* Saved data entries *
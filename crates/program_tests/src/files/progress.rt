//! What a meter shows, and that it changes nothing.

use oas_explain::files_progress::{Meter, Reading, STEP, Style, Writing};
use std::io;
use std::io::{ErrorKind, Read, Write};
use std::test::Fail;

/// Takes nothing: each write fails.
#[derive(Drop)]
struct Closed;

impl Write for Closed {
    fn write(&mut self, _buf: &[u8]) -> io::Result<usize> {
        Err(io::Error::from(ErrorKind::BrokenPipe))
    }

    fn flush(&mut self) -> io::Result<()> {
        Err(io::Error::from(ErrorKind::BrokenPipe))
    }
}

#[test]
fn lines_of_a_reader(rt: HostRuntime) {
    let mut shown: Vec<u8> = Vec::new(rt.alloc());
    let mut meter = Meter::of_read(&mut shown, Style::Lines, "in", Some(STEP * 2));
    meter.add(1);
    meter.add(STEP as usize);
    meter.end();
    meter.end();
    drop(meter);
    let lines =
        "in: 0 of 134217728 bytes read, 0 %\nin: 67108865 of 134217728 bytes read, 50 %\nin: 67108865 of 134217728 bytes read, 50 %, sorting\n";
    assert_eq!(rt; shown.as_slice(), lines.as_bytes());
}

#[test]
fn lines_of_a_reader_of_unknown_length(rt: HostRuntime) -> Result<(), Fail> {
    let mut shown: Vec<u8> = Vec::new(rt.alloc());
    let mut bytes = [0; 8];
    let meter = Meter::of_read(&mut shown, Style::Lines, "in", None);
    let mut reading = Reading::new(b"abc".as_slice(), Some(meter));
    assert!(rt; reading.read(&mut bytes)? == 3);
    assert!(rt; bytes.starts_with(b"abc"));
    assert!(rt; reading.read(&mut bytes)? == 0);
    assert!(rt; reading.read(&mut bytes)? == 0);
    drop(reading);
    let lines = "in: 0 bytes read\nin: 3 bytes read, sorting\n";
    assert_eq!(rt; shown.as_slice(), lines.as_bytes());
    Ok(())
}

#[test]
fn lines_of_a_writer(rt: HostRuntime) {
    let mut shown: Vec<u8> = Vec::new(rt.alloc());
    let mut meter = Meter::of_written(&mut shown, Style::Lines, "out");
    meter.add(STEP as usize - 1);
    meter.add(1);
    meter.add(1);
    drop(meter);
    assert_eq!(rt;
        shown.as_slice(),
        "out: 67108864 bytes written\n".as_bytes()
    );
}

#[test]
fn a_line_that_is_written_over(rt: HostRuntime) {
    let mut shown: Vec<u8> = Vec::new(rt.alloc());
    drop(Meter::of_read(&mut shown, Style::Over, "a-name-of-24-letters.oas", None));
    assert!(rt; shown.starts_with(b"\r..me-of-24-letters.oas: 0 bytes read "));
    assert!(rt; shown.len() == 80);
}

#[test]
fn a_writer_begins_on_a_free_line(rt: HostRuntime) -> Result<(), Fail> {
    let mut shown: Vec<u8> = Vec::new(rt.alloc());
    let mut out: Vec<u8> = Vec::new(rt.alloc());
    let mut writing = Writing::new(
        &mut out,
        Some(Meter::of_written(&mut shown, Style::Over, "out")),
    );
    writing.write_all(b"abc")?;
    writing.write_all(b"d")?;
    writing.flush()?;
    drop(writing);
    assert_eq!(rt; out.as_slice(), b"abcd".as_slice());
    assert!(rt; shown.starts_with(b"\r  "));
    assert!(rt; shown.ends_with(b"  \r"));
    assert!(rt; shown.len() == 81);
    Ok(())
}

#[test]
fn nothing_is_shown_without_a_meter(rt: HostRuntime) -> Result<(), Fail> {
    let mut out: Vec<u8> = Vec::new(rt.alloc());
    let mut writing: Writing<'_, &mut Vec<u8>, Closed> = Writing::new(&mut out, None);
    writing.write_all(b"abc")?;
    drop(writing);
    assert_eq!(rt; out.as_slice(), b"abc".as_slice());
    Ok(())
}

#[test]
fn a_closed_error_output_changes_nothing(rt: HostRuntime) -> Result<(), Fail> {
    let mut out: Vec<u8> = Vec::new(rt.alloc());
    let mut writing = Writing::new(
        &mut out,
        Some(Meter::of_written(Closed, Style::Lines, "out")),
    );
    let meter = Meter::of_read(Closed, Style::Lines, "in", Some(3));
    let mut reading = Reading::new(b"abc".as_slice(), Some(meter));
    let mut bytes = Vec::new(rt.alloc());
    assert!(rt; reading.read_to_end(&mut bytes)? == 3);
    writing.write_all(&bytes)?;
    drop(writing);
    assert_eq!(rt; out.as_slice(), b"abc".as_slice());
    Ok(())
}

* What the exercise asks *
Reproduce the entries above in full, exactly as they read.

* Answer space *
filename crates/program_tests/src/files/progress.rt
//! What a meter shows, and that it changes nothing.

use oas_explain::files_progress::{Meter, Reading, STEP, Style, Writing};
use std::io;
use std::io::{ErrorKind, Read, Write};
use std::test::Fail;

/// Takes nothing: each write fails.
#[derive(Drop)]
struct Closed;

impl Write for Closed {
    fn write(&mut self, _buf: &[u8]) -> io::Result<usize> {
        Err(io::Error::from(ErrorKind::BrokenPipe))
    }

    fn flush(&mut self) -> io::Result<()> {
        Err(io::Error::from(ErrorKind::BrokenPipe))
    }
}

#[test]
fn lines_of_a_reader(rt: HostRuntime) {
    let mut shown: Vec<u8> = Vec::new(rt.alloc());
    let mut meter = Meter::of_read(&mut shown, Style::Lines, "in", Some(STEP * 2));
    meter.add(1);
    meter.add(STEP as usize);
    meter.end();
    meter.end();
    drop(meter);
    let lines =
        "in: 0 of 134217728 bytes read, 0 %\nin: 67108865 of 134217728 bytes read, 50 %\nin: 67108865 of 134217728 bytes read, 50 %, sorting\n";
    assert_eq!(rt; shown.as_slice(), lines.as_bytes());
}

#[test]
fn lines_of_a_reader_of_unknown_length(rt: HostRuntime) -> Result<(), Fail> {
    let mut shown: Vec<u8> = Vec::new(rt.alloc());
    let mut bytes = [0; 8];
    let meter = Meter::of_read(&mut shown, Style::Lines, "in", None);
    let mut reading = Reading::new(b"abc".as_slice(), Some(meter));
    assert!(rt; reading.read(&mut bytes)? == 3);
    assert!(rt; bytes.starts_with(b"abc"));
    assert!(rt; reading.read(&mut bytes)? == 0);
    assert!(rt; reading.read(&mut bytes)? == 0);
    drop(reading);
    let lines = "in: 0 bytes read\nin: 3 bytes read, sorting\n";
    assert_eq!(rt; shown.as_slice(), lines.as_bytes());
    Ok(())
}

#[test]
fn lines_of_a_writer(rt: HostRuntime) {
    let mut shown: Vec<u8> = Vec::new(rt.alloc());
    let mut meter = Meter::of_written(&mut shown, Style::Lines, "out");
    meter.add(STEP as usize - 1);
    meter.add(1);
    meter.add(1);
    drop(meter);
    assert_eq!(rt;
        shown.as_slice(),
        "out: 67108864 bytes written\n".as_bytes()
    );
}

#[test]
fn a_line_that_is_written_over(rt: HostRuntime) {
    let mut shown: Vec<u8> = Vec::new(rt.alloc());
    drop(Meter::of_read(&mut shown, Style::Over, "a-name-of-24-letters.oas", None));
    assert!(rt; shown.starts_with(b"\r..me-of-24-letters.oas: 0 bytes read "));
    assert!(rt; shown.len() == 80);
}

#[test]
fn a_writer_begins_on_a_free_line(rt: HostRuntime) -> Result<(), Fail> {
    let mut shown: Vec<u8> = Vec::new(rt.alloc());
    let mut out: Vec<u8> = Vec::new(rt.alloc());
    let mut writing = Writing::new(
        &mut out,
        Some(Meter::of_written(&mut shown, Style::Over, "out")),
    );
    writing.write_all(b"abc")?;
    writing.write_all(b"d")?;
    writing.flush()?;
    drop(writing);
    assert_eq!(rt; out.as_slice(), b"abcd".as_slice());
    assert!(rt; shown.starts_with(b"\r  "));
    assert!(rt; shown.ends_with(b"  \r"));
    assert!(rt; shown.len() == 81);
    Ok(())
}

#[test]
fn nothing_is_shown_without_a_meter(rt: HostRuntime) -> Result<(), Fail> {
    let mut out: Vec<u8> = Vec::new(rt.alloc());
    let mut writing: Writing<'_, &mut Vec<u8>, Closed> = Writing::new(&mut out, None);
    writing.write_all(b"abc")?;
    drop(writing);
    assert_eq!(rt; out.as_slice(), b"abc".as_slice());
    Ok(())
}

#[test]
fn a_closed_error_output_changes_nothing(rt: HostRuntime) -> Result<(), Fail> {
    let mut out: Vec<u8> = Vec::new(rt.alloc());
    let mut writing = Writing::new(
        &mut out,
        Some(Meter::of_written(Closed, Style::Lines, "out")),
    );
    let meter = Meter::of_read(Closed, Style::Lines, "in", Some(3));
    let mut reading = Reading::new(b"abc".as_slice(), Some(meter));
    let mut bytes = Vec::new(rt.alloc());
    assert!(rt; reading.read_to_end(&mut bytes)? == 3);
    writing.write_all(&bytes)?;
    drop(writing);
    assert_eq!(rt; out.as_slice(), b"abc".as_slice());
    Ok(())
}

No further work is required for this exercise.